Ce n’est donc pas étonnant que l’attirail utilisé se pare de pierres précieuses et que les oiseaux reçoivent des attentions et des soins comparables à ceux réservés aux chevaux. Porter un épervier sur son poing est un signe de richesse et met en valeur le maître de ce bel oiseau. Il fait dès lors partie de la panoplie de ce qu’on appellera par la suite l’ « amour courtois », lorsque l’homme doit mériter les attentions de sa dame.
Les fauconniers présentent également leurs oiseaux afin de divertir les invités lors de grands banquets ou de fêtes données par l’aristocratie.
A la cour du roi, le « fauconnier maître » a la charge des « équipages de vol » du souverain.

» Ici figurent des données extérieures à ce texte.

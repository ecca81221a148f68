//! The tag of a node that a walk has come to, found from what the walk knows.

ghost use Rattle.std.specs.Prelude.{◌≡◌, ◌+◌, ◌<◌, ◌≤◌, IfOk, IfSome, None, option_and_then};
ghost use Rattle.std.specs.Option.{option_map};
ghost use Rattle.typst_tree.specs.Tree.{count, forest, nodes};
ghost use Rattle.typst_highlight.specs.Rules.{rule_of, term_tag};
ghost use Rattle.typst_highlight.specs.Walk as walk;

use crate::context::{Context, Trail, holds_leaf, is_childless, is_leaf};
use crate::rules::{
    Rule, equals_tag, paren_tag, rule_of, slash_tag, star_tag, term_tag, underscore_tag,
};
use crate::tags::Tag;
use std::alloc::{AllocError, Global};
use typst_kinds::SyntaxKind;
use typst_tree::SyntaxNode;

/// A node with what is around it, and the nodes that follow it under its parent.
#[derive(Clone, Copy)]
struct Place<'t> {
    node: &'t SyntaxNode,
    later: &'t [SyntaxNode],
    context: Context,
}

/// Nodes that stand side by side, with what is around the first of them.
#[derive(Clone, Copy)]
struct Row<'t> {
    nodes: &'t [SyntaxNode],
    context: Context,
}

/// The last leaves before what follows a node. Takes memory where the node has children.
fn passed(
    alloc: Global,
    node: &SyntaxNode,
    later: &[SyntaxNode],
    context: &Context,
) -> Result<Trail, AllocError>
    ensures { IfOk result (λ trail. trail ≡ walk.passed context.now node.now (forest later.now)) }
{
    if is_childless(node) {
        return Ok(context.behind(node, later));
    }
    passed_row(alloc, node.children(), context.within(node, later))
}

/// The last leaves before what follows nodes side by side. The rows to come back to stand in a list, so
/// a deep tree takes no more of the stack than a flat one.
fn passed_row(alloc: Global, nodes: &[SyntaxNode], context: Context) -> Result<Trail, AllocError>
    ensures { IfOk result (λ trail. trail ≡ walk.passed_row context (forest nodes.now)) }
{
    let mut waiting: Vec<Row> = Vec::new(alloc);
    let mut row = Row { nodes, context };
    'nodes: loop {
        let at = row.context;
        let Some((node, later)) = row.nodes.split_first() else {
            let Some(outer) = waiting.pop() else {
                return Ok(at.trail);
            };
            row = Row {
                nodes: outer.nodes,
                context: Context {
                    trail: at.trail,
                    ..outer.context
                },
            };
            continue 'nodes;
        };
        if is_childless(node) {
            row = Row {
                nodes: later,
                context: at.past(node, at.behind(node, later)),
            };
        } else {
            waiting.push(Row {
                nodes: later,
                context: at.past(node, at.trail),
            })?;
            row = Row {
                nodes: node.children(),
                context: at.within(node, later),
            };
        }
    }
}

/// The kind of the first node that is no trivia.
fn next_kind(nodes: &[SyntaxNode]) -> Option<SyntaxKind>
    ensures { result ≡ walk.next_kind (forest nodes.now) }
{
    let mut rest = nodes;
    while let Some((node, later)) = rest.split_first() {
        let kind = node.kind();
        if !kind.is_trivia() {
            return Some(kind);
        }
        rest = later;
    }
    None
}

/// The tag of markup that others follow. Only in an item of a term list does the next one count.
#[inline(always)]
fn term_under(parent: Option<SyntaxKind>, later: &[SyntaxNode]) -> Option<Tag>
    ensures { result ≡ term_tag parent (walk.next_kind (forest later.now)) }
{
    match parent {
        Some(SyntaxKind::TermItem) => term_tag(parent, next_kind(later)),
        _ => None,
    }
}

/// The tag of a node that others follow, where its kind, its parent's and the next one's tell it.
#[inline(always)]
pub fn tag_under(
    kind: SyntaxKind,
    parent: Option<SyntaxKind>,
    later: &[SyntaxNode],
) -> Option<Option<Tag>>
    ensures { result ≡ walk.tag_under (rule_of kind) parent (walk.next_kind (forest later.now)) }
{
    match rule_of(kind) {
        Rule::Fixed(tag) => Some(tag),
        Rule::Paren => Some(paren_tag(parent)),
        Rule::Star => Some(star_tag(parent)),
        Rule::Underscore => Some(underscore_tag(parent)),
        Rule::Slash => Some(slash_tag(parent)),
        Rule::Equals => Some(equals_tag(parent)),
        Rule::Term => Some(term_under(parent, later)),
        Rule::Name | Rule::Expression => None,
    }
}

/// The tag of a node that other nodes follow under the same parent.
#[inline(never)]
pub fn tag_here(
    alloc: Global,
    node: &SyntaxNode,
    later: &[SyntaxNode],
    context: &Context,
) -> Result<Option<Tag>, AllocError>
    ensures { IfOk result (λ tag. tag ≡ walk.tag context.now node.now (forest later.now)) }
{
    let mut bearer = Place {
        node,
        later,
        context: *context,
    };
    while let Rule::Expression = rule_of(bearer.node.kind()) {
        let Some(leaf) = expression_leaf(alloc, bearer)? else {
            return Ok(None);
        };
        bearer = leaf;
    }
    Ok(tag_by_rule(bearer))
}

/// The tag of a node that is no hash.
fn tag_by_rule(place: Place) -> Option<Tag>
    ensures { result ≡ walk.tag_here (rule_of place.entry.node.now.head.kind) place.entry.context place.entry.node.now (forest place.entry.later.now) None }
{
    let context = &place.context;
    match rule_of(place.node.kind()) {
        Rule::Fixed(tag) => tag,
        Rule::Paren => paren_tag(context.parent),
        Rule::Star => star_tag(context.parent),
        Rule::Underscore => underscore_tag(context.parent),
        Rule::Slash => slash_tag(context.parent),
        Rule::Equals => equals_tag(context.parent),
        Rule::Term => term_tag(context.parent, next_kind(place.later)),
        Rule::Name => context.name(place.node, place.later),
        Rule::Expression => None,
    }
}

/// The leaf whose tag a hash has: the first one of the expression after it.
fn expression_leaf<'t>(alloc: Global, hash: Place<'t>) -> Result<Option<Place<'t>>, AllocError>
    ensures tag { IfOk result (λ leaf. option_and_then walk.tag_at leaf ≡ walk.expression_at hash.entry) }
    ensures smaller { IfOk result (λ leaf. IfSome leaf (λ place. walk.size place < walk.size hash.entry)) }
{
    let mut at = hash.context.past(
        hash.node,
        passed(alloc, hash.node, hash.later, &hash.context)?,
    );
    let mut rest = hash.later;
    while let Some((node, later)) = rest.split_first() {
        let kind = node.kind();
        if !kind.is_trivia() {
            if kind.is_hash_expr() {
                return Ok(leaf_of(node, later, &at));
            }
            return Ok(None);
        }
        at = at.past(node, passed(alloc, node, later, &at)?);
        rest = later;
    }
    Ok(None)
}

/// The first leaf of a node that other nodes follow under the same parent.
fn leaf_of<'t>(
    node: &'t SyntaxNode,
    later: &'t [SyntaxNode],
    context: &Context,
) -> Option<Place<'t>>
    ensures tag { option_map walk.tag_at result ≡ walk.own context.now node.now (forest later.now) }
    ensures smaller { IfSome result (λ place. walk.size place ≤ nodes node.now + count (forest later.now)) }
{
    if is_leaf(node) {
        return Some(Place {
            node,
            later,
            context: *context,
        });
    }
    leaf_below(node, later, context)
}

/// The first leaf below a node that other nodes follow under the same parent.
#[cycle(places)]
fn leaf_below<'t>(
    node: &'t SyntaxNode,
    later: &'t [SyntaxNode],
    context: &Context,
) -> Option<Place<'t>>
    ensures tag { option_map walk.tag_at result ≡ (walk.found (walk.within context.now node.now (forest later.now)) node.now.kids).leaf }
    ensures smaller { IfSome result (λ place. walk.size place ≤ count node.now.kids) }
{
    if is_childless(node) {
        return None;
    }
    let row = Row {
        nodes: node.children(),
        context: context.within(node, later),
    };
    first_place(row, node.descendants() / 2)
}

/// The first leaf of nodes that stand side by side.
///
/// Calls `leaf_below` for a child of at most `share` nodes, and goes on with the children of a larger
/// one. It keeps where to go on if they hold no leaf: after the last such node that a leaf follows. As
/// a node has at most one child of more than half of its nodes, calls nest no deeper than the logarithm
/// of the number of nodes, however deep a tree is.
#[cycle(places)]
fn first_place<'t>(mut row: Row<'t>, mut share: usize) -> Option<Place<'t>>
    ensures tag { option_map walk.tag_at result ≡ (walk.found row.entry.context (forest row.entry.nodes.now)).leaf }
    ensures smaller { IfSome result (λ place. walk.size place ≤ count (forest row.entry.nodes.now)) }
{
    let mut behind = None;
    'nodes: loop {
        let at = row.context;
        let Some((node, later)) = row.nodes.split_first() else {
            row = behind?;
            behind = None;
            continue 'nodes;
        };
        if is_leaf(node) {
            return Some(Place {
                node,
                later,
                context: at,
            });
        }
        let next = Row {
            nodes: later,
            context: at.past(node, at.trail),
        };
        if node.descendants() > share {
            if holds_leaf(later) {
                behind = Some(next);
            }
            share = node.descendants() / 2;
            row = Row {
                nodes: node.children(),
                context: at.within(node, later),
            };
        } else if let Some(place) = leaf_below(node, later, &at) {
            return Some(place);
        } else {
            row = next;
        }
    }
}
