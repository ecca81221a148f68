//! The tags of a tree's nodes as a list.

ghost use Rattle.std.specs.Prelude.{◌≡◌, IfOk};
ghost use Rattle.typst_highlight.specs.Spans as spec;
ghost use Rattle.typst_highlight.specs.Walk as walk;

use crate::sink::{Sink, give_tree};
use crate::tags::Tag;
use std::alloc::{AllocError, Global};
use std::marker::Model;
use typst_tree::SyntaxNode;

/// The tags of a walk's nodes so far.
#[derive(Drop)]
struct Lister {
    tags: Vec<Option<Tag>>,
}

/// The tag of each node of a tree in preorder, where an error has none: the tag of the span that the
/// node stands in as `highlight_html` writes it.
///
/// It goes through the tree once, and takes memory for the tags and for a list as long as the tree is
/// deep.
pub fn node_spans(alloc: Global, root: &SyntaxNode) -> Result<Vec<Option<Tag>>, AllocError>
    ensures { IfOk result (λ tags. tags.items ≡ spec.spans root.now) }
{
    let mut lister = Lister {
        tags: Vec::with_capacity(alloc, root.descendants())?,
    };
    give_tree(alloc, &mut lister, root)?;
    Ok(lister.tags)
}

impl Model for Lister {
    ghost use Rattle.std.specs.Prelude.{List, Option};
    ghost use Rattle.typst_highlight.specs.declared.tags.Tag.{Tag};

    ghost Value = { List (Option Tag) };

    ghost view = { λ l. l.tags.items };
}

impl Sink for Lister {
    ghost outlet = { walk.lister };

    #[inline(always)]
    fn begin(&mut self, span: Option<Tag>) -> Result<Option<Tag>, AllocError> {
        self.tags.push(span)?;
        Ok(None)
    }

    #[inline(always)]
    fn own(&mut self, _text: &str) -> Result<(), AllocError> {
        Ok(())
    }

    #[inline(always)]
    fn leaf(&mut self, span: Option<Tag>, _text: &str) -> Result<(), AllocError> {
        self.tags.push(span)?;
        Ok(())
    }

    #[inline(always)]
    fn close(&mut self, _kept: Option<Tag>) -> Result<(), AllocError> {
        Ok(())
    }
}
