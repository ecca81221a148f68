//! One walk through a tree, and what it gives the nodes to.

ghost use Rattle.std.specs.Prelude.{◌≡◌, ◌<◌, IfOk, List, ℕ, OnOk, Option, false, true};
ghost use Rattle.typst_tree.specs.Tree.{forest, more, none};
ghost use Rattle.typst_tree.specs.Walks.{is_childless};
ghost use Rattle.typst_highlight.specs.Walk as walk;

use crate::context::is_childless;
use crate::progress::Progress;
use crate::rules::{Rule, is_name, rule_of};
use crate::spans::{span_asked, span_of, spanned};
use crate::tags::Tag;
use std::alloc::{AllocError, Global};
use std::slice;
use typst_tree::SyntaxNode;

/// What a walk gives the nodes of a tree to, in order.
///
/// A node with children is given by the beginning of its span, its own text, its children and the end
/// of the span. A node without children is given at once.
pub trait Sink {
    // what each step makes of it
    ghost outlet: { walk.Outlet Self };

    /// Begins the span of a node, if it has one, and answers what is to be passed to its end.
    fn begin(&mut self, span: Option<Tag>) -> Result<Option<Tag>, AllocError>
        ensures begun { OnOk result (self.new ≡ outlet.begun self.old span) }
        ensures kept { IfOk result (λ kept. kept ≡ outlet.kept self.old span) };

    /// Takes the text of a node with children, which is empty where the parser made the node.
    fn own(&mut self, text: &str) -> Result<(), AllocError>
        ensures { OnOk result (self.new ≡ outlet.given self.old text.now) };

    /// Takes the text of a node without children, in the node's span.
    fn leaf(&mut self, span: Option<Tag>, text: &str) -> Result<(), AllocError>
        ensures { OnOk result (self.new ≡ outlet.ended (outlet.given (outlet.begun self.old span) text.now) (outlet.kept self.old span)) };

    /// Ends the span of a node, by what its beginning answered.
    fn close(&mut self, kept: Option<Tag>) -> Result<(), AllocError>
        ensures { OnOk result (self.new ≡ outlet.ended self.old kept) };
}

/// Gives all nodes of a tree, each once. The nodes to come back to stand in a list, so a deep tree
/// takes no more of the stack than a flat one.
pub fn give_tree<'t, S: Sink>(
    alloc: Global,
    sink: &mut S,
    root: &'t SyntaxNode,
) -> Result<(), AllocError>
    ensures { OnOk result (sink.new ≡ walk.walked S.outlet walk.root_context root.now none sink.old) }
{
    let mut progress = Progress::start(alloc);
    let mut rest = slice::from_ref(root);
    'nodes: loop {
        let Some((node, later)) = rest.split_first() else {
            let Some(row) = progress.leave() else {
                return Ok(());
            };
            sink.close(row.kept)?;
            rest = row.nodes;
            continue 'nodes;
        };
        if is_childless(node) {
            give_leaf(sink, node, later, &mut progress)?;
            rest = later;
        } else {
            give_inner(sink, node, later, &mut progress)?;
            rest = node.children();
        }
    }
}

/// Gives the beginning of a node with children, and goes into it.
#[inline(always)]
fn give_inner<'t, S: Sink>(
    sink: &mut S,
    node: &'t SyntaxNode,
    later: &'t [SyntaxNode],
    progress: &mut Progress<'t>,
) -> Result<(), AllocError>
    requires { is_childless node.now.kids ≡ false }
    ensures given { OnOk result (walk.left S.outlet progress.new node.now.kids sink.new ≡ walk.left S.outlet progress.old (more node.now.head node.now.kids (forest later.now)) sink.old) }
    ensures fewer { OnOk result (walk.steps progress.new node.now.kids < walk.steps progress.old (more node.now.head node.now.kids (forest later.now))) }
{
    let span = span_of(node, later, progress)?;
    let kept = sink.begin(span)?;
    let text = node.leaf_text();
    sink.own(text)?;
    progress.enter(node, later, text.len(), kept)?;
    Ok(())
}

/// Gives a node without children, and goes past it.
#[inline(always)]
fn give_leaf<S: Sink>(
    sink: &mut S,
    node: &SyntaxNode,
    later: &[SyntaxNode],
    progress: &mut Progress,
) -> Result<(), AllocError>
    requires { is_childless node.now.kids ≡ true }
    ensures given { OnOk result (sink.new ≡ walk.walked S.outlet (walk.joined progress.old) node.now (forest later.now) sink.old) }
    ensures passed { OnOk result (walk.joined progress.new ≡ walk.past (walk.joined progress.old) node.now (walk.passed (walk.joined progress.old) node.now (forest later.now))) }
    ensures waiting { OnOk result (walk.waiting progress.new ≡ walk.waiting progress.old) }
{
    let kind = node.kind();
    let Rule::Fixed(tag) = rule_of(kind) else {
        return give_asking(sink, node, later, progress);
    };
    let span = spanned(tag);
    let text = node.leaf_text();
    sink.leaf(span, text)?;
    progress.pass(node, later, text.len(), None);
    Ok(())
}

/// Gives a node without children whose tag depends on what is around it, and goes past it.
#[inline(never)]
fn give_asking<S: Sink>(
    sink: &mut S,
    node: &SyntaxNode,
    later: &[SyntaxNode],
    progress: &mut Progress,
) -> Result<(), AllocError>
    requires { is_childless node.now.kids ≡ true }
    ensures given { OnOk result (sink.new ≡ walk.walked S.outlet (walk.joined progress.old) node.now (forest later.now) sink.old) }
    ensures passed { OnOk result (walk.joined progress.new ≡ walk.past (walk.joined progress.old) node.now (walk.passed (walk.joined progress.old) node.now (forest later.now))) }
    ensures waiting { OnOk result (walk.waiting progress.new ≡ walk.waiting progress.old) }
{
    let text = node.leaf_text();
    if is_name(node.kind()) {
        let name = progress.name(node, later);
        sink.leaf(spanned(name), text)?;
        progress.pass(node, later, text.len(), name);
        return Ok(());
    }
    let span = span_asked(node, later, progress)?;
    sink.leaf(span, text)?;
    progress.pass(node, later, text.len(), None);
    Ok(())
}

Il est remplacé par le « grand fauconnier de France » en 1406, sous le règne de Charles VI dit le Fol. Le premier a exercé cette charge est Eustache de Gaucourt.
A la Renaissance, le grand fauconnier est à la tête d’une équipe d’une centaine de gentilshommes et d’aides-fauconniers.
A partir de cette époque, la renommée de la fauconnerie française dépasse les frontières. Elle atteint son apogée au début du 17ème siècle.
Le roi Louis XIII possède six équipages spécialisés chacun dans un type de vol (héron, perdrix, …). au total 300 oiseaux de proie composent la « Grande fauconnerie » royale.
Parallèlement, le souverain possède ses propres rapaces appelés les « Oiseaux du cabinet du Roi » qui le suivent dans tous ses déplacements.
Le déclin
La chasse a été l’un des principaux passe-temps des rois et des cours européennes ce qui explique le succès de la fauconnerie. Cependant, vers la fin du 17ème siècle, les faucons sont peu à peu délaissés au profit des armes à feu.
Malgré cette perte d’intérêt, la Fauconnerie royale française ainsi que celle du Cabinet du Roi continuent à exister pendant encore plus d’un siècle.
La Révolution marque son arrêt de mort lorsque la Convention nationale supprime la fonction de fauconnier et interdit la pratique de ce type de chasse, ancien privilège du roi et de ses courtisans.
Le dernier grand fauconnier est le comte Joseph-Hyancinthe-François-de Paule Rigaud de Vaudreuil, qui exerce cette fonction de 1780 à 1789.
A partir de cette date, seuls quelques passionnés ou nostalgiques du temps passé exercent cet art qui bien qu’interdit reste toléré.
Et aujourd’hui ?
Il faut attendre la fin de la Seconde Guerre Mondiale pour que la fauconnerie retrouve un peu de son aura d’autrefois.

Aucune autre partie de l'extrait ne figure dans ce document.